On the contrary, if we insist on the situation being not ripe enough, then there is no other option than thinking in terms of a more humane and just Eurozone. It is not that the solutions proposed are irrational or unviable. It is that they do not understand the aggressiveness of “actually existing neoliberalism” and the political logic of confrontation that the forces of capital are opting for, preferring the disciplinary aspects of austerity and unemployment to the economic benefits of an earlier exit from austerity. That is why the EU and the IMF will be fully aggressive against even the mildest version of left-wing governance and use every means at their disposal to enforce their agenda.
And here is the danger: a left wing government trying to renegotiate austerity with the EU and the IMF, only to find itself entrapped in its own commitment to the Eurozone and to the need for bail-out funds. A potential failure to bring change under such conditions will only open the way to even more reactionary solutions. With the rise of the neo-fascist Golden Dawn, the Greek Right is becoming the laboratory for a new hybrid of economic neoliberalism, social conservatism, racism and authoritarianism.

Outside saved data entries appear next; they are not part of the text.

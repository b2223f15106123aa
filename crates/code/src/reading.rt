// The readings of a byte (document 01, "Nibbles, bytes and Gray words"; document 02, P1 and P3).
ghost use Rattle.std.specs.Prelude.{◌≡◌};
ghost use Rattle.code.specs.Readings.{reading_of, twofold, is_lost, nibble_read};
ghost use Rattle.code.specs.Entries.{reading_at, twofold_at};

use super::table::entry_of;

// What a byte reads as: a nibble's own code; a byte one bit from it, with that bit's number, 0 (lowest) to 7; or nothing that
// can be told, as 00 and FF, which erased cells show.
#[derive(Clone, Copy, Debug, PartialEq, Eq)]
pub enum Reading {
    Clean(u8),
    Mended(u8, u8),
    Lost,
}

// The first entry of a mended byte, the entry of a lost one, and that of a byte one bit from two codes.
const MENDED: u8 = 16;

const LOST: u8 = 144;

const TWOFOLD: u8 = 145;

// The reading that an entry stands for.
pub fn reading_at(entry: u8) -> Reading
    ensures { result ≡ reading_at entry }
{
    if entry < MENDED {
        Reading::Clean(entry)
    } else if entry < LOST {
        Reading::Mended((entry - MENDED) / 8, (entry - MENDED) % 8)
    } else {
        Reading::Lost
    }
}

// Whether an entry stands for a byte one bit from two codes.
pub fn twofold_at(entry: u8) -> bool
    ensures { result ≡ twofold_at entry }
{
    entry == TWOFOLD
}

// What a byte reads as.
#[tactic(auto, using(crate::proofs::ReadingLaws::entry_reading))]
pub fn reading_of(byte: u8) -> Reading
    ensures { result ≡ reading_of byte }
{
    reading_at(entry_of(byte))
}

// Whether a byte is one bit from two codes (refusal 10): no byte is.
#[tactic(auto, using(crate::proofs::ReadingLaws::entry_twofold))]
pub fn twofold_byte(byte: u8) -> bool
    ensures { result ≡ twofold byte }
{
    twofold_at(entry_of(byte))
}

// Whether a reading tells nothing.
#[tactic(auto, unfolding(crate::specs::Readings::is_lost))]
pub fn is_lost(reading: Reading) -> bool
    ensures { result ≡ is_lost reading }
{
    matches!(reading, Reading::Lost)
}

// The nibble that a reading gives, 0 where it is lost.
#[tactic(auto, unfolding(crate::specs::Readings::nibble_read))]
pub fn nibble_read(reading: Reading) -> u8
    ensures { result ≡ nibble_read reading }
{
    match reading {
        Reading::Clean(d) | Reading::Mended(d, _) => d,
        Reading::Lost => 0,
    }
}
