// Settles the parts of a run when its threads are joined.
//
// Decided: a front that gives up is settled all the same. The run answers Ok where all was done by then, else `GaveUp`.
ghost use Rattle.std.specs.Prelude.{◌≡◌, ◌≢◌, ◌↔◌, ◌⊎◌, ◌<◌, ◌≤◌, length, map, IfOk, IfErr, IsErrOf, IsTrue, IsFalse, OnOk};
ghost use Rattle.nvme_admin.specs.declared.bounds.TheConstants.{MAX_REGIONS};
ghost use Rattle.nvme_front.specs.Hosts.{IsFedBy, IsDrainedBy, told, told_by};
ghost use Rattle.nvme_front.specs.Settles.{HasItsPool, AreAtRest, IsSettled, IsSettledAccount, AnswersWereExecuted, settled_past};
ghost use Rattle.nvme_jobs.specs.Executions.{ExecutesOnce};
ghost use Rattle.nvme_lane.specs.Feeder.{script_of, count_of};
ghost use Rattle.nvme_front.specs.declared.settled.SettleError.TheVariants as settling;
ghost use Rattle.nvme_lane.specs.declared.mode.Mode.TheVariants.{Loaded};
ghost use Rattle.nvme_runs.specs.Runs.{AllSubmitted, IsDue};
ghost use Rattle.nvme_runs.specs.declared.runs.RunError.TheVariants as fault;

use crate::runs::RunError;
use nvme_entry::Sqe;
use nvme_front::{Front, Parts, SettleError, Settled, settle};
use nvme_lane::{Feeder, Mode};
use std::alloc::Global;
use std::sync::Wait;

// Whether the script of a region is due: with `Mode::Loaded` always, otherwise where the region is served.
fn is_due(front: &Front, mode: Mode, region: u8) -> bool
    requires there { region < length front.now.gets }
    ensures { IsTrue result ↔ IsDue mode front.now region }
{
    mode == Mode::Loaded || front.is_serving(region)
}

// Whether a script is wholly submitted.
fn is_submitted(feeder: &Feeder<Sqe>) -> bool
    ensures { IsTrue result ↔ (count_of feeder.now ≡ length (script_of feeder.now)) }
{
    feeder.count() >= feeder.script().len()
}

// Whether a script is due and isn't wholly submitted.
fn is_left(front: &Front, mode: Mode, region: u8, feeder: &Feeder<Sqe>) -> bool
    requires there { region < length front.now.gets }
    ensures left { IsTrue result → IsDue mode front.now region × (count_of feeder.now ≢ length (script_of feeder.now)) }
    ensures done { IsFalse result → IsDue mode front.now region → count_of feeder.now ≡ length (script_of feeder.now) }
{
    is_due(front, mode, region) && !is_submitted(feeder)
}

// Whether each script that is due is wholly submitted.
fn all_submitted(parts: &Parts, mode: Mode) -> bool
    requires few { length parts.now.feeders.items ≤ MAX_REGIONS }
    requires fed { IsFedBy parts.now.front parts.now.feeders.items }
    ensures { IsTrue result ↔ AllSubmitted mode parts.now.front parts.now.feeders.items }
{
    let mut region = 0u8;
    for feeder in &parts.feeders {
        if is_left(&parts.front, mode, region, feeder) {
            return false;
        }
        region += 1;
    }
    true
}

/// Whether each script is wholly submitted, with `Mode::Loaded`. With `Mode::Live` it is always true.
pub fn are_loaded(parts: &Parts, mode: Mode) -> bool
    requires few { length parts.now.feeders.items ≤ MAX_REGIONS }
    requires fed { IsFedBy parts.now.front parts.now.feeders.items }
    ensures { IsTrue result → mode ≡ Loaded → AllSubmitted mode parts.now.front parts.now.feeders.items }
{
    mode == Mode::Live || all_submitted(parts, mode)
}

// The error of a run whose settling failed, where the hosts are those of the front.
fn run_error_of(error: SettleError) -> RunError
    requires hosts { error ≢ settling.Strangers }
    ensures outstanding { error ≡ settling.Outstanding → result ≡ fault.GaveUp }
    ensures no_memory { error ≡ settling.NoMemory → result ≡ fault.NoMemory }
{
    match error {
        SettleError::Outstanding => RunError::GaveUp,
        SettleError::NoMemory => RunError::NoMemory,
        SettleError::Strangers => unreachable!(),
    }
}

/// Settles the parts of a run. `GaveUp` where not all was done, `NoMemory` where memory was refused.
pub fn settle_run<R: Wait>(
    rt: &R,
    alloc: Global,
    parts: Parts,
    mode: Mode,
) -> Result<Settled, RunError>
    requires few { length parts.feeders.items ≤ MAX_REGIONS }
    requires fed { IsFedBy parts.front parts.feeders.items }
    requires drained { IsDrainedBy parts.front parts.drainers.items }
    requires pool { HasItsPool parts }
    ensures log { IfOk result (λ s. s.log.items ≡ parts.front.log) }
    ensures sent { IfOk result (λ s. map told_by s.sent.items ≡ map told parts.feeders.items) }
    ensures lists { IfOk result (λ s. length s.collected.items ≡ length parts.drainers.items) }
    ensures account { IfOk result (λ s. IsSettledAccount parts.front s) }
    ensures settled { IfOk result (λ s. IsSettled s) }
    ensures submitted { OnOk result (AllSubmitted mode parts.front parts.feeders.items) }
    ensures executed { IfOk result (λ s. ExecutesOnce parts.front.rules.sizes (settled_past s) parts.front.hands.seat parts.workers.items) }
    ensures answered { IfOk result (λ s. AnswersWereExecuted parts.front.rules.sizes (settled_past s) parts.front.hands.seat parts.workers.items) }
    ensures gave_up { IsErrOf result fault.GaveUp → AllSubmitted mode parts.front parts.feeders.items → AreAtRest parts → ⊥ }
    ensures faults { IfErr result (λ e. (e ≡ fault.GaveUp) ⊎ (e ≡ fault.NoMemory)) }
{
    if !all_submitted(&parts, mode) {
        return Err(RunError::GaveUp);
    }
    match settle(rt, alloc, parts) {
        Ok(settled) => Ok(settled),
        Err((error, _)) => Err(run_error_of(error)),
    }
}
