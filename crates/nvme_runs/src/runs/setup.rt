// Makes a front with its hosts and its workers for a workload.
ghost use Rattle.std.specs.Prelude.{◌≡◌, ◌≢◌, ℕ, ◌≤◌, ◌<◌, ◌++◌, false, [], length, map, vec_len, IfOk, IfSome, IfNone};
ghost use Rattle.std.specs.List.{All, AllPairs, AllZip};
ghost use Rattle.nvme_entry.specs.declared.submission.Sqe.{Sqe};
ghost use Rattle.nvme_lane.specs.View.{GetView};
ghost use Rattle.nvme_admin.specs.declared.bounds.TheConstants.{MAX_REGIONS};
ghost use Rattle.nvme_pool.specs.Limits.{max_workers};
ghost use Rattle.nvme_front.specs.Ends.{get_place};
ghost use Rattle.nvme_front.specs.Hosts.{feeder_place};
ghost use Rattle.nvme_front.specs.View.{is_address};
ghost use Rattle.nvme_threads.specs.declared.loaded_rings.SqEnds.{SqEnds};
ghost use Rattle.nvme_workload.specs.declared.plan.SqPlan.{SqPlan};
ghost use Rattle.nvme_workload.specs.declared.plan.CqPlan.{CqPlan};
ghost use Rattle.nvme_workload.specs.Plan.{plan_of};
ghost use Rattle.nvme_workload.specs.Sound.{IsSound, AreSlots};
ghost use Rattle.nvme_runs.specs.Runs.{IsFirstTooLong, FitsAll};
ghost use Rattle.nvme_runs.specs.inside.Prepared.{IsPrepared, StaysFresh, IsRingOf, IsFreshRing, AddsSq, AddsCq, AddsSqs, AddsCqs, AddsRegions, IsConfigOf, IsFrontOf};

use nvme_entry::{Cqe, Sqe};
use nvme_front::{AddError, Front, FrontConfig, MAX_EVENTS, Parts};
use nvme_lane::{Drainer, Feeder, LaneError, Mode, ring};
use nvme_pool::{FrontSeat, Lanes, PoolError, pool};
use nvme_threads::{SqEnds, load};
use nvme_workload::{CqPlan, SqPlan, Workload};
use std::alloc::{AllocError, Global};
use std::sync::Wait;
use std::thread::Threads;

/// The first submission region whose script has more commands than its ring holds.
pub fn first_too_long(submissions: &[SqPlan]) -> Option<u8>
    requires { length submissions.now ≤ MAX_REGIONS }
    ensures some { IfSome result (λ r. IsFirstTooLong submissions.now r) }
    ensures none { IfNone result (FitsAll submissions.now) }
{
    let mut region = 0u8;
    for plan in submissions {
        if plan.script.as_slice().len() >= usize::from(plan.slots) {
            return Some(region);
        }
        region += 1;
    }
    None
}

// The ring of a submission region, with the host's script at the host's end.
fn sq_ring(alloc: Global, plan: SqPlan) -> Result<SqEnds, AllocError>
    requires slots { AreSlots plan.slots }
    ensures { IfOk result (λ e. IsRingOf plan e) }
{
    let SqPlan {
        address,
        slots,
        script,
    } = plan;
    match ring(alloc, address, slots) {
        Ok((put, get)) => Ok(SqEnds {
            feeder: Feeder::new(script.into_vec(), put),
            get,
        }),
        Err(LaneError::NoMemory) => Err(AllocError),
        Err(LaneError::Size) => unreachable!(),
    }
}

// The rings of submission regions.
fn sq_rings(alloc: Global, plans: Vec<SqPlan>) -> Result<Vec<SqEnds>, AllocError>
    requires slots { All (λ (s : SqPlan). AreSlots s.slots) plans.items }
    ensures { IfOk result (λ es. AllZip IsRingOf plans.items es.items) }
{
    let mut rings = Vec::with_capacity(alloc, plans.len())?;
    for plan in plans {
        rings.push_reserved(sq_ring(alloc, plan)?);
    }
    Ok(rings)
}

// The rings of submission regions. With `Mode::Loaded` their scripts are submitted. The lanes come back.
fn fed_rings<R: Threads + Wait + Sync>(
    rt: &R,
    alloc: Global,
    mode: Mode,
    lanes: Lanes,
    plans: Vec<SqPlan>,
) -> Result<(Lanes, Vec<SqEnds>), AllocError>
    requires slots { All (λ (s : SqPlan). AreSlots s.slots) plans.items }
    ensures lanes { IfOk result (λ r. r.0 ≡ lanes) }
    ensures rings { IfOk result (λ r. AllZip IsRingOf plans.items r.1.items) }
{
    let rings = sq_rings(alloc, plans)?;
    match mode {
        Mode::Loaded => load(rt, alloc, lanes, rings),
        Mode::Live => Ok((lanes, rings)),
    }
}

// Adds a submission region to a front, and gives the host's end. The front's end then knows what rests in the ring.
fn add_sq(front: &mut Front, ends: SqEnds) -> Result<Feeder<Sqe>, AllocError>
    requires pair { feeder_place ends.feeder ≡ get_place ends.get }
    requires nothing_got { ends.get.got ≡ [] }
    requires apart { is_address front.old ends.get.address ≡ false }
    requires few { length front.old.gets < MAX_REGIONS }
    requires fresh { front.old.log ≡ [] }
    ensures { IfOk result (λ f. AddsSq ends f front.old front.new) }
{
    let SqEnds {
        mut feeder,
        mut get,
    } = ends;
    feeder.beside(&mut get);
    match front.add_sq_region(get) {
        Ok(_) => Ok(feeder),
        Err((AddError::NoMemory, _)) => Err(AllocError),
        Err((AddError::Used | AddError::TooMany, _)) => unreachable!(),
    }
}

// Adds a completion region to a front, and gives the host's end of its ring.
fn add_cq(alloc: Global, front: &mut Front, plan: CqPlan) -> Result<Drainer<Cqe>, AllocError>
    requires slots { AreSlots plan.slots }
    requires apart { is_address front.old plan.address ≡ false }
    requires few { length front.old.puts < MAX_REGIONS }
    requires fresh { front.old.log ≡ [] }
    ensures added { IfOk result (λ d. AddsCq plan.address plan.slots d front.old front.new) }
{
    let (put, get) = match ring(alloc, plan.address, plan.slots) {
        Ok(ends) => ends,
        Err(LaneError::NoMemory) => return Err(AllocError),
        Err(LaneError::Size) => unreachable!(),
    };
    match front.add_cq_region(put) {
        Ok(_) => Ok(Drainer::new(alloc, get)),
        Err((AddError::NoMemory, _)) => Err(AllocError),
        Err((AddError::Used | AddError::TooMany, _)) => unreachable!(),
    }
}

// Adds the submission regions of a workload, and gives their hosts.
fn add_sqs(
    alloc: Global,
    front: &mut Front,
    rings: Vec<SqEnds>,
) -> Result<Vec<Feeder<Sqe>>, AllocError>
    requires first { (front.old.gets ≡ []) × (front.old.puts ≡ []) }
    requires fresh { StaysFresh front.old front.old }
    requires rings { All IsFreshRing rings.items }
    requires apart { AllPairs (λ (a b : ℕ). a ≢ b) (map (λ (e : SqEnds). e.get.address) rings.items) }
    requires few { length rings.items ≤ MAX_REGIONS }
    ensures added { IfOk result (λ fs. AddsSqs rings.items fs.items front.old front.new) }
{
    let mut feeders = Vec::with_capacity(alloc, rings.len())?;
    for ends in rings {
        feeders.push_reserved(add_sq(front, ends)?);
    }
    Ok(feeders)
}

// Adds the completion regions of a workload after its submission regions, and gives their hosts.
fn add_cqs(
    alloc: Global,
    front: &mut Front,
    plans: Vec<CqPlan>,
) -> Result<Vec<Drainer<Cqe>>, AllocError>
    requires first { front.old.puts ≡ [] }
    requires fresh { StaysFresh front.old front.old }
    requires slots { All (λ (c : CqPlan). AreSlots c.slots) plans.items }
    requires apart { AllPairs (λ (a b : ℕ). a ≢ b) (map (λ (g : GetView Sqe). g.address) front.old.gets ++ map (λ (c : CqPlan). c.address) plans.items) }
    requires few { length plans.items ≤ MAX_REGIONS }
    ensures added { IfOk result (λ ds. AddsCqs plans.items ds.items front.old front.new) }
{
    let mut drainers = Vec::with_capacity(alloc, plans.len())?;
    for plan in plans {
        drainers.push_reserved(add_cq(alloc, front, plan)?);
    }
    Ok(drainers)
}

// Adds the regions of a workload to a front that has none, and gives their hosts.
fn add_regions(
    alloc: Global,
    front: &mut Front,
    rings: Vec<SqEnds>,
    plans: Vec<CqPlan>,
) -> Result<(Vec<Feeder<Sqe>>, Vec<Drainer<Cqe>>), AllocError>
    requires first { (front.old.gets ≡ []) × (front.old.puts ≡ []) }
    requires fresh { StaysFresh front.old front.old }
    requires rings { All IsFreshRing rings.items }
    requires slots { All (λ (c : CqPlan). AreSlots c.slots) plans.items }
    requires apart { AllPairs (λ (a b : ℕ). a ≢ b) (map (λ (e : SqEnds). e.get.address) rings.items ++ map (λ (c : CqPlan). c.address) plans.items) }
    requires few_rings { length rings.items ≤ MAX_REGIONS }
    requires few_plans { length plans.items ≤ MAX_REGIONS }
    ensures added { IfOk result (λ r. AddsRegions rings.items plans.items r.0.items r.1.items front.old front.new) }
{
    let feeders = add_sqs(alloc, front, rings)?;
    let drainers = add_cqs(alloc, front, plans)?;
    Ok((feeders, drainers))
}

// A front with the regions of a workload, and their hosts.
fn front_of(
    alloc: Global,
    config: FrontConfig,
    seat: FrontSeat,
    rings: Vec<SqEnds>,
    plans: Vec<CqPlan>,
) -> Result<(Front, Vec<Feeder<Sqe>>, Vec<Drainer<Cqe>>), AllocError>
    requires rings { All IsFreshRing rings.items }
    requires slots { All (λ (c : CqPlan). AreSlots c.slots) plans.items }
    requires apart { AllPairs (λ (a b : ℕ). a ≢ b) (map (λ (e : SqEnds). e.get.address) rings.items ++ map (λ (c : CqPlan). c.address) plans.items) }
    requires few_rings { length rings.items ≤ MAX_REGIONS }
    requires few_plans { length plans.items ≤ MAX_REGIONS }
    ensures made { IfOk result (λ r. IsFrontOf config seat rings.items plans.items r.1.items r.2.items r.0) }
{
    let mut front = Front::new(alloc, config, seat);
    let (feeders, drainers) = add_regions(alloc, &mut front, rings, plans)?;
    Ok((front, feeders, drainers))
}

// The configuration of a workload's front.
fn config_of(workload: &Workload) -> FrontConfig
    ensures { IsConfigOf (plan_of workload.now) result }
{
    FrontConfig {
        mechanism: workload.mechanism,
        settings: workload.settings,
        limits: workload.limits,
        spaces: workload.spaces,
        max_events: MAX_EVENTS,
    }
}

/// Makes the front of a workload with its hosts and this many workers, 1 to `nvme_pool::MAX_WORKERS`. With
/// `Mode::Loaded` the hosts have submitted their scripts, and their threads are joined.
pub fn prepare<R: Threads + Wait + Sync>(
    rt: &R,
    alloc: Global,
    workload: Workload,
    mode: Mode,
    workers: u8,
) -> Result<Parts, AllocError>
    requires sound { IsSound (plan_of workload) }
    requires workers { (1 ≤ workers) × (workers ≤ max_workers) }
    ensures prepared { IfOk result (λ p. IsPrepared (plan_of workload) p) }
    ensures workers { IfOk result (λ p. vec_len p.workers ≡ workers) }
{
    let (lanes, seat, workers) = match pool(alloc, workers) {
        Ok(made) => made,
        Err(PoolError::NoMemory) => return Err(AllocError),
        Err(PoolError::Workers) => unreachable!(),
    };
    let config = config_of(&workload);
    let Workload {
        submissions,
        completions,
        ..
    } = workload;
    let (lanes, rings) = fed_rings(rt, alloc, mode, lanes, submissions.into_vec())?;
    let (front, feeders, drainers) = front_of(alloc, config, seat, rings, completions.into_vec())?;
    Ok(Parts {
        front,
        feeders,
        drainers,
        lanes,
        workers,
    })
}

In the past years Greek society has gone through a cathartic experience. Nothing seems the same any more. In many forms, people have shown that they are ready to accept radical change as an option against an evolving disaster and embrace a collective project of transformation. There has been a tremendous display of hope, collectivity and demand for an alternative narrative for Greek society. At the same time the harsh realities of the everyday struggle to survive induce despair, individualism and even cynicism. Which tendency will prevail depends exactly on the ability of the Left to offer not pragmatism and realism but a radical alternative, a roadmap of collective mobilization and experimentation, a new hegemonic project for the Socialism of the 21st century.